**WORK INSTRUCTION**
Could you report every line from the entries that includes the word "nothing"?

START DATASET RECORDS

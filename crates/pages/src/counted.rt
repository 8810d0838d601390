//! Lines that are counted and not copied.

ghost use Rattle.std.specs.Prelude.{◌≡◌, IfOk, List, slice_get};
ghost use Rattle.std.specs.Option.{option_map};
ghost use Rattle.refutations.specs.Proofs.{ProofLine};

use refutations::Line;
use std::alloc::{AllocError, Global};
use std::marker::Model;
use std::sync::Arc;

/// A line that several owners may share.
#[derive(Debug, Drop)]
pub(crate) struct Counted {
    line: Arc<Line>,
}

impl Model for Counted {
    ghost use Rattle.std.specs.Arc.{arc_value};
    ghost use Rattle.refutations.specs.Proofs.{ProofLine};

    ghost Value = { ProofLine };

    ghost view = { λ held. arc_value held.line };
}

impl Counted {
    /// This line, of which nothing is copied.
    pub(crate) fn new(alloc: Global, line: Line) -> Result<Counted, AllocError>
        ensures { IfOk result (λ held. held ≡ line) }
    {
        match Arc::new(alloc, line) {
            Ok(line) => Ok(Counted { line }),
            Err(_failed) => Err(AllocError),
        }
    }

    /// The line.
    pub(crate) fn line(&self) -> &Line
        ensures { result.now ≡ self.now }
    {
        &self.line
    }

    /// The same line once more, which copies nothing.
    pub(crate) fn share(&self) -> Result<Counted, AllocError>
        ensures { IfOk result (λ held. held ≡ self.now) }
    {
        let line = Arc::try_clone(&self.line)?;
        Ok(Counted { line })
    }

    /// The line, which is moved out where nobody else has it, and copied otherwise.
    pub(crate) fn into_line(self, alloc: Global) -> Result<Line, AllocError>
        ensures { IfOk result (λ line. line ≡ self) }
    {
        match Arc::try_unwrap(self.line) {
            Ok(line) => Ok(line),
            Err(shared) => shared.copy(alloc),
        }
    }
}

/// A list of counted lines that is read by place, from 0.
pub(crate) trait CountedList {
    ghost lines: { Self → List ProofLine };

    /// The line at this place; there is none from the length on.
    fn held_at(&self, place: usize) -> Option<&Counted>
        ensures { option_map (λ line. line.now) result ≡ slice_get (lines self.now) place };
}

/// These lines, of which nothing is copied.
pub(crate) fn all_counted(alloc: Global, lines: Vec<Line>) -> Result<Vec<Counted>, AllocError>
    ensures { IfOk result (λ held. held.items ≡ lines.items) }
{
    let mut held = Vec::with_capacity(alloc, lines.len())?;
    for line in lines {
        held.push(Counted::new(alloc, line)?)?;
    }
    Ok(held)
}

/// The lines, each moved out or copied.
pub(crate) fn all_lines(alloc: Global, held: Vec<Counted>) -> Result<Vec<Line>, AllocError>
    ensures { IfOk result (λ lines. lines.items ≡ held.items) }
{
    let mut lines = Vec::with_capacity(alloc, held.len())?;
    for line in held {
        lines.push(line.into_line(alloc)?)?;
    }
    Ok(lines)
}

END DATASET RECORDS

**ANSWER TO THIS EXERCISE**
    /// This line, of which nothing is copied.
    /// The same line once more, which copies nothing.
/// These lines, of which nothing is copied.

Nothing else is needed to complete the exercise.